While I'm a newb to mountain biking I've put plenty of miles in a saddle. 

I just don't see how it's that much of an upgrade to bother, for one. It's only 9 years newer and all 15! years old. 

Secondly, it didn't have the modern aspects I want most in even a lower level mtb - 27.5 or 29 and disc brakes. 

Plus there's the potential did a ton of wear and tear. Even if you know there's little the above two points are overwhelming to me. 

And without any research I'm not convinced at all that is even worth $300, I suspect not???

For a few bucks more you can get a solid, cheap, but modern bike.


----------



## 779334 (Oct 10, 2014)

No!

Why? It's 15 years old, rim brakes, old components.....

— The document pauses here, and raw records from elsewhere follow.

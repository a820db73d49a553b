//! The lines of an ABI text.
ghost use Rattle.std.specs.Prelude.{◌≡◌, IfOk, OnOk};
ghost use Rattle.std.specs.List.{All};
ghost use Rattle.hex.specs.Hex.{encode_lower};
ghost use Rattle.vk_base.specs.FeatureViews.{feature_view};
ghost use Rattle.vk_base.specs.Names.{IsName, port_rule, word_rule};
ghost use Rattle.vk_base.specs.Paths.{text_of_path};
ghost use Rattle.vk_base.specs.Tokens.{IsByte};
ghost use Rattle.vk_abi_text.specs.Lines as line;
ghost use Rattle.vk_abi_text.specs.Lines.{line_text};
ghost use Rattle.vk_abi_text.specs.Rights.{IsRightBuilder, IsRightVersion};
ghost use Rattle.vk_abi_text.specs.Views.{dep_view, file_view};

use crate::inputs::DepDigest;
use std::alloc::Global;
use vk_base::{FeatureName, Memory, PortName, Text, TokenOf, TripletName};
use vk_digest::Digest;
use vk_folder::FileDigest;
use vk_model::Builder;
use vk_model::lines::InstanceTokens;
use vk_version::Version;

// The hexadecimal digits of a digest.
fn hex_of(alloc: Global, digest: &Digest) -> Result<Text, Memory>
    ensures { IfOk result (λ t. t ≡ encode_lower digest.now.bytes) }
{
    Ok(Text::from_string(hex::encode(alloc, digest.bytes.as_slice())?))
}

// A text that is printed as its token.
fn token_of(text: &str) -> TokenOf<'_>
    ensures text { result.0.now ≡ text.now }
    ensures bytes { All IsByte text.now }
{
    TokenOf(text.as_bytes())
}

#[tactic(auto, using(crate::proofs::RightLemmas::right_builder))]
pub(crate) fn builder_line(alloc: Global, builder: &Builder) -> Result<Text, Memory>
    ensures line { IfOk result (λ t. t ≡ line_text (line.builder_line builder.now)) }
    ensures right { OnOk result (IsRightBuilder builder.now) }
{
    let name = token_of(builder.name.as_str());
    let text = token_of(builder.text.as_str());
    Ok(Text::from_string(format!(in alloc; "builder {name} {text}")?))
}

pub(crate) fn dep_line(alloc: Global, dep: &DepDigest) -> Result<Text, Memory>
    ensures { IfOk result (λ t. t ≡ line_text (line.dep_line (dep_view dep.now))) }
{
    let instance = InstanceTokens(&dep.inst);
    let digest = hex_of(alloc, &dep.digest)?;
    Ok(Text::from_string(format!(in alloc; "dep {instance} {digest}")?))
}

// A feature's name as text, which keeps the rule of words, also where it is one of the two that
// stand for themselves.
fn feature_text(feature: &FeatureName) -> &str
    ensures text { result.now ≡ feature_view feature.now }
    ensures name { IsName word_rule (feature_view feature.now) }
{
    match feature {
        FeatureName::Named(name) => name.as_str(),
        FeatureName::Core | FeatureName::Default => feature.as_str(),
    }
}

pub(crate) fn feature_line(alloc: Global, feature: &FeatureName) -> Result<Text, Memory>
    ensures line { IfOk result
        (λ t. t ≡ line_text (line.feature_line (feature_view feature.now))) }
    ensures right { OnOk result (IsName word_rule (feature_view feature.now)) }
{
    let feature = token_of(feature_text(feature));
    Ok(Text::from_string(format!(in alloc; "feature {feature}")?))
}

pub(crate) fn file_line(alloc: Global, file: &FileDigest) -> Result<Text, Memory>
    ensures line { IfOk result (λ t. t ≡ line_text (line.file_line (file_view file.now))) }
    ensures right { OnOk result (All IsByte (text_of_path file.now.path)) }
{
    let path = file.path.text(alloc)?;
    let path = token_of(path.as_str());
    let digest = hex_of(alloc, &file.digest)?;
    Ok(Text::from_string(format!(in alloc; "file {path} {digest}")?))
}

pub(crate) fn native_line(alloc: Global, native: bool) -> Result<Text, Memory>
    ensures { IfOk result (λ t. t ≡ line_text (line.native_line native)) }
{
    let line = if native { "native yes" } else { "native no" };
    Ok(Text::from_str(alloc, line)?)
}

#[tactic(auto, using(crate::proofs::RightLemmas::right_port))]
pub(crate) fn port_line(alloc: Global, port: &PortName) -> Result<Text, Memory>
    ensures line { IfOk result (λ t. t ≡ line_text (line.port_line port.now)) }
    ensures right { OnOk result (IsName port_rule port.now) }
{
    let port = token_of(port.as_str());
    Ok(Text::from_string(format!(in alloc; "port {port}")?))
}

#[tactic(auto, using(crate::proofs::RightLemmas::right_word))]
pub(crate) fn triplet_line(
    alloc: Global,
    triplet: &TripletName,
    digest: &Digest,
) -> Result<Text, Memory>
    ensures line { IfOk result
        (λ t. t ≡ line_text (line.triplet_line triplet.now digest.now.bytes)) }
    ensures right { OnOk result (IsName word_rule triplet.now) }
{
    let triplet = token_of(triplet.as_str());
    let digest = hex_of(alloc, digest)?;
    Ok(Text::from_string(format!(in alloc; "triplet {triplet} {digest}")?))
}

pub(crate) fn version_line(alloc: Global, version: &Version) -> Result<Text, Memory>
    ensures line { IfOk result (λ t. t ≡ line_text (line.version_line version.now)) }
    ensures right { OnOk result (IsRightVersion version.now) }
{
    let class = version.class().word();
    let text = token_of(version.text().as_str());
    let port = version.port();
    Ok(Text::from_string(format!(in alloc; "version {class} {text} {port}")?))
}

Rim brakes used to kill my palms on the downhills. You can find a more modern bike with good components at that price. What is your max budget? I'd suggest getting a bike with disk hydraulic brakes in the first place.


----------



## manbeer (Oct 14, 2009)

I like it but I'm old school. I'd probably still be riding your 8000 over most modern bikes. That being said, modern bikes ride so much better. They stop better, ride smoother, are easier on your back etc. Still, hard to beat the fun of a good old 26" hardtail. A few months back my friend went to Skip Barber racing school and was telling me that of all the cars, the hyundai genesis was the most fun. Why? Because you could beat the hell out of it and it wasn't too much car for the track. That's how I feel about new bikes. Obviously there are places and riders that have different requirements, but I love the "raw" feel of these old bikes.


----------



## sammon287 (Apr 7, 2010)

I have a 93 Trek 8000 if you want an upgrade. Actually, I won't part with it. I bought new bikes in 03 and 2012. If I were you, I would try hard to save more and get something newer.


----------



## AndrwSwitch (Nov 8, 2007)

Does your 8000 have suspension?

Though I'd be leaning against a 2000 bike being an upgrade over a well-functioning '90s bike. While I'm not super-bullish on the new wheel sizes, I think new suspension and disc brakes are both a pretty big deal.


----------



## manbeer (Oct 14, 2009)

Yeah, he's right. imo a lot more happened technology wise from 2000 to 2010 than from 1990 to 2000.


----------



## thearoom (Aug 11, 2020)

*My 2000 stumpy absolutely perfect*


----------



## BushwackerinPA (Aug 10, 2006)

no. 

1k will get you a modern hardtail and youd be better of on it.


----------



## phlegm (Jul 13, 2006)

BushwackerinPA said:


> no.
> 
> 1k will get you a modern hardtail and youd be better of on it.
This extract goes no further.